Durante las horas siguientes, Daniel, que había apagado subrepticiamente el taxímetro, se dedicó a circular a la buena de Dios por las estrechas calles del casco antiguo. La jornada laboral no había hecho más que empezar, y le encantaba la historia que le estaba contando la anciana, quien, contra todo pronóstico, gozaba de una lucidez mental envidiable. Una historia en la que Daniel era el protagonista.

Pese a que la noche se resistía a dejar de ser noche, no tuvo más remedio que claudicar ante el incontenible empuje del alba, momento en que Clarisa, exhausta, le pidió al taxista que se dirigiera a las afueras de la ciudad. Necesitaba descansar.

-Ha hablado usted demasiado, y no se lo digo como reproche, porque ha sido un placer y un honor escucharla.

-No sé cuáles serán sus habilidades al volante, me supongo que serán muchas y buenas, pero lo que sí puedo asegurarle es que es usted un excelente escuchador, mucho mejor que mi querido Daniel. Lástima que la escucha, en la sociedad tan materialista en la que vivimos, no se demande como profesión. Se haría usted de oro.

-He sido un buen escuchador porque, como diría mi padre, la ocasión la pintan calva… Ya estamos en las afueras. ¿Dónde quiere que la deje, señora?

-Al final de la calle.

-¿Estará abierto a estas horas? –preguntó el taxista, taciturno. Sus sospechas se habían cumplido. La mujer iba al lugar que él, transformado en el otro Daniel, había imaginado.

-Me supongo que sí.

-Las floristerías seguro que no. Es demasiado pronto.
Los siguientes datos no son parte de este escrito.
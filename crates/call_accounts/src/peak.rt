//! The greatest number of calls that were up at once.

ghost use Rattle.std.specs.Prelude.{◌≡◌, ℕ, ◌<◌, ◌≤◌, ◌+◌, IfOk, IfErr, OnOk, cond, length, slice_index};
ghost use Rattle.std.specs.List.Sorted.{IsNonDecreasing};
ghost use Rattle.line_model.specs.observer.Calls.{up_at};
ghost use Rattle.line_model.specs.observer.Peak.{IsPeakOfTimes};
ghost use Rattle.call_accounts.specs.Sweep.{up_to, is_call_up, IsHighest};

use line_model::call::CallRecord;
use line_model::fault::Fault;
use line_model::report::Peak;
use std::alloc::{AllocError, Allocator};

/// Returns the greatest number of calls up at once, and the least row number after which it was reached, none for 0.
/// A call is up from the row that brought it up to the one before its end (profile). Fails only when memory is refused.
pub fn peak_of<A: Allocator + Clone>(alloc: A, calls: &[CallRecord<A>]) -> Result<Peak, Fault>
    ensures peak { IfOk result (λ p. IsPeakOfTimes (up_at calls.now) p.count p.packet) }
    ensures memory { IfErr result (λ f. f ≡ Fault.Memory) }
{
    let mut times = times(alloc, calls)?;
    times.ups.sort_unstable();
    times.ends.sort_unstable();
    Ok(highest(times.ups.as_slice(), times.ends.as_slice()))
}

/// When calls came up, and when those that came up ended.
#[derive(Drop)]
struct UpTimes<A: Allocator> {
    ups: Vec<u32, A>,
    ends: Vec<u32, A>,
}

impl<A: Allocator> UpTimes<A> {
    /// Adds the times of a call, if it was up.
    fn add<B: Allocator>(&mut self, call: &CallRecord<B>) -> Result<(), AllocError>
        ensures { (n : ℕ) → OnOk result (up_to n self.new.ups.items + up_to n self.old.ends.items
            ≡ up_to n self.old.ups.items + up_to n self.new.ends.items
            + cond (is_call_up n call.now) 1 0) }
    {
        match (call.up, call.ended) {
            (None, _) => Ok(()),
            (Some(up), None) => {
                self.ups.push(up)?;
                Ok(())
            }
            (Some(up), Some(ended)) => {
                self.ups.push(up)?;
                self.ends.push(ended.max(up))?;
                Ok(())
            }
        }
    }
}

/// The times of the calls that were up at some time.
fn times<A: Allocator + Clone>(alloc: A, calls: &[CallRecord<A>]) -> Result<UpTimes<A>, AllocError>
    ensures { IfOk result (λ t. (n : ℕ) →
        up_at calls.now n + up_to n t.ends.items ≡ up_to n t.ups.items) }
{
    let mut times = UpTimes {
        ups: Vec::new(alloc.clone()?),
        ends: Vec::new(alloc),
    };
    for call in calls {
        times.add(call)?;
    }
    Ok(times)
}

/// Returns how many ends are at or before a time, given that the first `from` are.
fn ended_by(ends: &[u32], from: usize, time: u32) -> usize
    requires within { from ≤ length ends.now }
    requires sorted { IsNonDecreasing ends.now }
    requires known { (k : ℕ) → k < from → slice_index ends.now k ≤ time }
    ensures count { result ≡ up_to time ends.now }
    ensures within { result ≤ length ends.now }
    ensures known { (k : ℕ) → k < result → slice_index ends.now k ≤ time }
{
    let mut ended = from;
    while ended < ends.len() && ends[ended] <= time {
        ended += 1;
    }
    ended
}

/// Returns the greatest number of calls that were up after one of `ups`: those that came up by then, less those that
/// ended by then.
fn highest(ups: &[u32], ends: &[u32]) -> Peak
    requires ups_sorted { IsNonDecreasing ups.now }
    requires ends_sorted { IsNonDecreasing ends.now }
    ensures { IsHighest ups.now ends.now (length ups.now) result.count result.packet }
{
    let mut count = 0;
    let mut packet = None;
    let mut ended = 0;
    for (index, up) in ups.iter().enumerate() {
        ended = ended_by(ends, ended, *up);
        let up_now = (index as u64 + 1).saturating_sub(ended as u64);
        if count < up_now {
            count = up_now;
            packet = Some(*up);
        }
    }
    Peak { count, packet }
}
-No se preocupe, llevo las flores conmigo, aunque lo más probable es que estén todas marchitas.

-La flor de Clarisa, no. Doy fe de ello.

Cuando se apeó del vehículo, la anciana se aproximó a la ventanilla del conductor, y se empeñó en abonar el importe de la carrera.

-Se me ha estropeado el taxímetro. No puedo cobrarle nada.

-Usted no puede cobrarme nada, y a mí me apetece pagarle todo. Qué cosas pasan en la vida, Daniel.

La mujer arrojó una cartera al asiento trasero del vehículo y, tras dedicarle al taxista su mejor sonrisa, la monumental, pronunció unas palabras que Daniel jamás olvidaría.

-Ahí queda eso.

-¿Se refiere a la cartera?

-A la cartera y a todo lo demás.

-¿Todo lo demás? ¿Dónde, señora Clarisa?

-Con usted. Haga con ello lo que crea conveniente.

Dicho lo cual, la mujer giró sobre sus talones y, apoyada en el bastón, despacio, muy despacio, se alejó del vehículo.

-Espere, Clarisa, se le olvida la maleta  –gritó el taxista saliendo del coche.

-No la he olvidado porque la he dejado a propósito. Forma parte de eso que queda con usted. Hasta siempre, Daniel.

Y Clarisa abrió la cancela del cementerio.

El taxista se quedó con eso que la anciana le dejó: la flor de Clarisa.